Я тоскую, как горючий камень (между прочим, звучит парадоксально). Сейчас семь утра.
Ваш друг Сент-Экс
Письмо Х.
[февраль 1942 г.]
Ангельское мое Перышко,
Мне так надо тебя увидеть. Я устал. Взвалил себе на плечи очень уж тяжкую ношу; избавиться от нее без угрызений совести я не могу, а нести ее трудно до изнеможения: странная штука – совесть! (…)
Книжка моя вот-вот выйдет
[125]
. Как всегда, клевета и зависть уже наготове.
Ты легко можешь себе вообразить, как взволновалась вся эта шушера, нью-йоркские поддельные французы
[126]
. Я по тысячам признаков замечаю, как начинает бурлить это болото… Ах, Ангельское Перышко, до чего мне тоскливо, противно, и до чего я устал!
Так-то, мой медвежонок. Я не обольщаюсь насчет своей книжки, ты не думай. Я писал ее в состоянии внутренней несобранности. Мне не удалось сказать то, что я хотел. Умоляю тебя, дай телеграмму, как только получишь ее и прочтешь. Я тебе тут же позвоню. Но ты сразу сообщи мне хоть что-нибудь в телеграмме! Если тебе покажется, что это ужасно, – так и скажи: я ведь, кажется, не тщеславен.
Крепко целую тебя, Ангельское Перышко.
Антуан
Письмо неизвестному корреспонденту
[Нью-Йорк, 8 декабря 1942 г.]
Я знаю, почему я ненавижу нацизм. Прежде всего, потому, что он разрушает надежность человеческих отношений. … Я прожил годы в пустыне, среди лишений, но там я был счастлив: у меня были верные товарищи. (…)
В наши дни мир необъяснимым образом отказывается от того, что составляет его величие… Нацисты объявили евреев символом низости, продажности, предательства, наживания на чужом труде и своекорыстия; их возмущали попытки заступиться за евреев. Они обвиняли заступников в том, что они, мол, желают сохранить в мире продажность, предательство и своекорыстие. Это возвращает нас в эпоху дикарских тотемов.
А я отвергаю эти стадные чувства, отвергаю эту мнимую простоту в духе Корана, отвергаю поиски козлов отпущения. Я отвергаю высшие цели святейшей инквизиции. Я отвергаю пустые словеса, из-за которых бесполезно проливаются реки людской крови (…).
Я недорого ценю физическую смелость; жизнь научила меня, что такое истинное мужество: это способность противостоять осуждению среды. Я знаю, что, когда я фотографировал с воздуха Майнц или Эссен
[127]
, от меня требовалось иное мужество, чем то, которое заставило меня вынести два года оскорблений и клеветы
[128]
, но не свернуть с пути, подсказанного совестью. (…)
Письмо жене, Консуэло
[середина апреля 1943 г.]
Консуэло, пойми, мне сорок два. Я пережил кучу аварий. Теперь я не в состоянии даже прыгать с парашютом. Два дня из трех у меня болит печень, через день – морская болезнь. После гватемальского перелома у меня днем и ночью шумит в ухе.

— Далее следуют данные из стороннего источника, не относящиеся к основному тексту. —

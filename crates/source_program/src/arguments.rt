ghost use Rattle.source_program.specs.ArgumentList.{AreArguments};

use aq_term::args::Args;
use aq_term::term::Term;

/// The arguments of a compound, where they may be those of a directive, a rule or a control construct.
#[derive(Clone, Copy)]
pub enum Arguments<'a> {
    One(&'a Term),
    Two(&'a Term, &'a Term),
    Three(&'a Term, &'a Term, &'a Term),
    Others,
}

/// The arguments by their number.
pub fn by_number(arguments: &Args) -> Arguments<'_>
    ensures { AreArguments arguments.now result }
{
    match arguments.as_slice() {
        [only] => Arguments::One(only),
        [left, right] => Arguments::Two(left, right),
        [first, second, third] => Arguments::Three(first, second, third),
        _ => Arguments::Others,
    }
}
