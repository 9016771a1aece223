use aq_term::atom::Atom;
use aq_term::builtin::Builtin;
use aq_term::term::Term;

/// What an item of an outline is. Its terms are those of the source clause.
#[derive(Clone, Copy, Debug)]
pub enum ItemKind<'a> {
    /// The goal `V = T`, with V's number. V is the first variable of the item.
    Unify(u32, &'a Term),
    /// A built-in on these arguments. For a compound argument that is not evaluated there is a variable among those of the item.
    Builtin(Builtin, &'a [Term]),
    Fail,
    /// A throw of this term.
    Throw(&'a Term),
    /// A throw of the ball with this number.
    ThrowAgain(u32),
    /// A call of a predicate, which stands in the program or not, on these arguments. For a compound argument there is a variable
    /// among those of the item.
    Call(Atom, &'a [Term]),
    /// A cut of the clause that is written in the program.
    Cut,
    /// A cut to the predicate whose clause it stands in, which the control construct makes.
    Commit,
    /// A call of an auxiliary predicate, whose clauses are inside.
    Auxiliary(AuxiliaryKind),
    /// A clause, whose goals are inside.
    Clause,
    /// A condition or a negated goal without a cut of its own: its goals stand in the clause around it.
    Inlined,
}

/// Which cuts and variables are an auxiliary predicate's own.
#[derive(Clone, Copy, Debug, PartialEq, Eq)]
pub enum AuxiliaryKind {
    /// A cut inside goes back to where the clause around it was entered.
    Construct,
    /// A cut inside is one of this predicate's clause.
    Local,
    /// As `Local`, and a ball that is thrown inside comes to the handler, which is the next item of the clause around it. The two stand
    /// for one goal.
    Guarded,
    /// As `Construct`, and the ball, with this number, is the first argument.
    Handler(u32),
}

impl AuxiliaryKind {
    /// Whether a cut inside goes back to where this predicate was entered.
    pub fn owns_cuts(self) -> bool {
        matches!(self, AuxiliaryKind::Local | AuxiliaryKind::Guarded)
    }
}

/// A goal, or a group of items inside it, which follow it.
#[derive(Clone, Copy, Debug)]
pub struct Item<'a> {
    pub kind: ItemKind<'a>,
    /// How many of the items after this one are inside it.
    pub inside: usize,
    /// Where the item's variables begin in the outline's row of occurrences.
    pub first: usize,
    /// Where they end.
    pub last: usize,
    /// Where the variables begin in the row of the text that an auxiliary predicate is made of.
    pub text_first: usize,
    /// Where they end.
    pub text_last: usize,
    /// Whether a cut of the clause around it is inside.
    pub cuts: bool,
    /// How many nodes of the goal's arguments hold a variable.
    pub nodes: u64,
}

/// The goals that a source clause becomes when its control constructs are made predicates of their own, with what the limits
/// count of them.
#[derive(Debug, Drop)]
pub struct KernelOutline<'a> {
    /// The variables that are the arguments of the head.
    pub head: Vec<u32>,
    /// Each clause and each auxiliary predicate, followed by the items inside. The first item is the source clause itself.
    pub items: Vec<Item<'a>>,
    /// The variables of the items, in their order.
    pub occurrences: Vec<u32>,
    /// The variables of what auxiliary predicates are made of, in the order of the text.
    pub text: Vec<u32>,
    /// Each variable is below this number.
    pub variables: usize,
}

impl KernelOutline<'_> {
    /// The variables at these places, or none where there are no such places.
    pub fn between(&self, first: usize, last: usize) -> &[u32] {
        if first <= last && last <= self.occurrences.len() {
            &self.occurrences[first..last]
        } else {
            &[]
        }
    }

    /// The variables of what an auxiliary predicate is made of, in the order of the text.
    pub fn text_of(&self, predicate: &Item) -> &[u32] {
        let first = predicate.text_first;
        let last = predicate.text_last;
        if first <= last && last <= self.text.len() {
            &self.text[first..last]
        } else {
            &[]
        }
    }
}
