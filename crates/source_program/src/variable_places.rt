use aq_term::memory::Memory;
use std::alloc::Global;

/// Where each variable of an outline stands in its row of occurrences.
#[derive(Drop)]
pub struct VariablePlaces {
    /// The places of each variable, rising.
    rows: Vec<Vec<usize>>,
}

impl VariablePlaces {
    /// The places in `occurrences` of the variables below `variables`.
    pub fn of(
        alloc: Global,
        occurrences: &[u32],
        variables: usize,
    ) -> Result<VariablePlaces, Memory> {
        let mut rows = Vec::with_capacity(alloc, variables)?;
        for _ in 0..variables {
            rows.push(Vec::new(alloc))?;
        }
        for (place, variable) in occurrences.iter().enumerate() {
            if let Some(row) = rows.get_mut(*variable as usize) {
                row.push(place)?;
            }
        }
        Ok(VariablePlaces { rows })
    }

    /// Whether the variable stands at one of the places from `first` on and before `last`.
    pub fn stands_between(&self, variable: u32, first: usize, last: usize) -> bool {
        self.first_between(variable, first, last).is_some()
    }

    /// The first place of the variable from `first` on and before `last`.
    pub fn first_between(&self, variable: u32, first: usize, last: usize) -> Option<usize> {
        let row = self.rows.get(variable as usize)?;
        let earlier = row.as_slice().partition_point(|place| *place < first);
        match row.get(earlier) {
            Some(place) if *place < last => Some(*place),
            _ => None,
        }
    }
}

Чудовищные затруднения с деньгами. Бессонные ночи, истраченные на работу, и беспощадная тревога, из-за которой мне легче, кажется, гору сдвинуть, чем справиться с этой работой. Я так устал, так устал!
И все-таки я еду
[129]
, хотя у меня столько причин остаться, хотя у меня наберется добрый десяток статей для увольнения с военной службы, тем более, что я уже побывал на войне, да еще в каких переделках. Я еду. (…) Это мой долг. Еду на войну. Для меня невыносимо оставаться в стороне, когда другие голодают; я знаю только один способ быть в ладу с собственной совестью: этот способ – не уклоняться от страдания. Искать страданий самому, и чем больше, тем лучше. В этом мне отказа не будет: я ведь физически страдаю от двухкилограммовой ноши, и когда встаю с кровати, и когда поднимаю с пола платок. (…) Я иду на войну не для того, чтобы погибнуть. Я иду за страданием, чтобы через страдание обрести связь с ближними. (…) Я не хочу быть убитым, но с готовностью приму именно такой конец.
Антуан
Письмо Ж. Пелисье
[130]
[Уджда
[131]
, 8 июня 1943 г.]
Дорогой доктор,
Пишу вам это письмо потому, что понятия не имею, когда вернусь. Как радостно было бы получить от вас длинное послание и узнать из него, что нового в мире! Я здесь в абсолютной пустыне. Лагерь. Комната на троих (для меня это стадное житье – тягчайшее из лишений). В столовую гуськом, у каждого в руках котелок, получаешь порцию и ешь стоя. Я как-то выключен из жизни, словно в подземельях вокзала Сен-Лазар. Как вы знаете, я ничего иного и не желаю. Я упрямо делаю то, что считаю своим долгом, что бы ни думала об этом X.